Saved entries
====================
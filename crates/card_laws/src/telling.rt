//! Laws of what is shown beside what counts.

ghost use Rattle.card_laws.specs.Telling.{NothingStandsOnRemarks, ReadsBack, RemarksAreTold};

/// A law: up to five values, each in the range of a field, are read back from the field of a card
/// that says that they count.
pub fn what_stands_reads_back()
    ensures { ReadsBack }
{}

/// A law: once edition 4 holds, two texts of one command, with whatever remarks, are answered alike
/// and lead to the same.
#[tactic(auto, using(crate::proofs::Remarks::remarks_are_told))]
pub fn remarks_are_told()
    ensures { RemarksAreTold }
{}

/// A law: once edition 4 holds, no answer and no sheet depends on remarks.
#[tactic(auto, using(crate::proofs::Remarks::nothing_stands_on_remarks))]
pub fn nothing_stands_on_remarks()
    ensures { NothingStandsOnRemarks }
{}
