//! Laws of how long attempts count.

ghost use Rattle.card_laws.specs.Holding.{CardStands, FixStands, HoldsUntilNamed};

/// A law: what a round holds of an entrant, it holds until a command names that one there, or takes
/// back that the round was opened.
#[tactic(auto, using(crate::proofs::Staying::holds_until_named))]
pub fn holds_until_named()
    ensures { HoldsUntilNamed }
{}

/// A law: after a card that is accepted the values of the entrant are those that the card leaves,
/// until another accepted command names the entrant in this round; where it leaves none, the round
/// may be cancelled too.
#[tactic(auto, using(crate::proofs::Taking::card_stands))]
pub fn card_stands()
    ensures { CardStands }
{}

/// A law: the same of a card in a closed round.
#[tactic(auto, using(crate::proofs::Taking::fix_stands))]
pub fn fix_stands()
    ensures { FixStands }
{}
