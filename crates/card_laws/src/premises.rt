//! What the laws ask of a round.

ghost use Rattle.commands.specs.Accepted.{round_of};
ghost use Rattle.card_laws.specs.Premises.{MeetsPremises};

use commands::Meet;
use formats::Event;

/// In every meet, of every round and number: the cutoff is one of the format, nobody has a number
/// twice, and what counts of a number is read back from the field of a card.
pub fn rounds_meet_premises(meet: &Meet, event: Event, round: u8, number: u16)
    ensures { MeetsPremises number (round_of meet.now.accepted event round) }
{
    if let Some(table) = meet.round(event, round) {
        let _ = table.cutoff();
        let _ = table.values(number);
    }
}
====================
▸ The task
Please reproduce the data as it was given, with every line exact.

▸ Exercise output
filename crates/card_laws/src/telling.rt
//! Laws of what is shown beside what counts.

ghost use Rattle.card_laws.specs.Telling.{NothingStandsOnRemarks, ReadsBack, RemarksAreTold};

/// A law: up to five values, each in the range of a field, are read back from the field of a card
/// that says that they count.
pub fn what_stands_reads_back()
    ensures { ReadsBack }
{}

/// A law: once edition 4 holds, two texts of one command, with whatever remarks, are answered alike
/// and lead to the same.
#[tactic(auto, using(crate::proofs::Remarks::remarks_are_told))]
pub fn remarks_are_told()
    ensures { RemarksAreTold }
{}

/// A law: once edition 4 holds, no answer and no sheet depends on remarks.
#[tactic(auto, using(crate::proofs::Remarks::nothing_stands_on_remarks))]
pub fn nothing_stands_on_remarks()
    ensures { NothingStandsOnRemarks }
{}
//! Laws of how long attempts count.

ghost use Rattle.card_laws.specs.Holding.{CardStands, FixStands, HoldsUntilNamed};

/// A law: what a round holds of an entrant, it holds until a command names that one there, or takes
/// back that the round was opened.
#[tactic(auto, using(crate::proofs::Staying::holds_until_named))]
pub fn holds_until_named()
    ensures { HoldsUntilNamed }
{}

/// A law: after a card that is accepted the values of the entrant are those that the card leaves,
/// until another accepted command names the entrant in this round; where it leaves none, the round
/// may be cancelled too.
#[tactic(auto, using(crate::proofs::Taking::card_stands))]
pub fn card_stands()
    ensures { CardStands }
{}

/// A law: the same of a card in a closed round.
#[tactic(auto, using(crate::proofs::Taking::fix_stands))]
pub fn fix_stands()
    ensures { FixStands }
{}
filename crates/card_laws/src/premises.rt
//! What the laws ask of a round.

ghost use Rattle.commands.specs.Accepted.{round_of};
ghost use Rattle.card_laws.specs.Premises.{MeetsPremises};

use commands::Meet;
use formats::Event;

/// In every meet, of every round and number: the cutoff is one of the format, nobody has a number
/// twice, and what counts of a number is read back from the field of a card.
pub fn rounds_meet_premises(meet: &Meet, event: Event, round: u8, number: u16)
    ensures { MeetsPremises number (round_of meet.now.accepted event round) }
{
    if let Some(table) = meet.round(event, round) {
        let _ = table.cutoff();
        let _ = table.values(number);
    }
}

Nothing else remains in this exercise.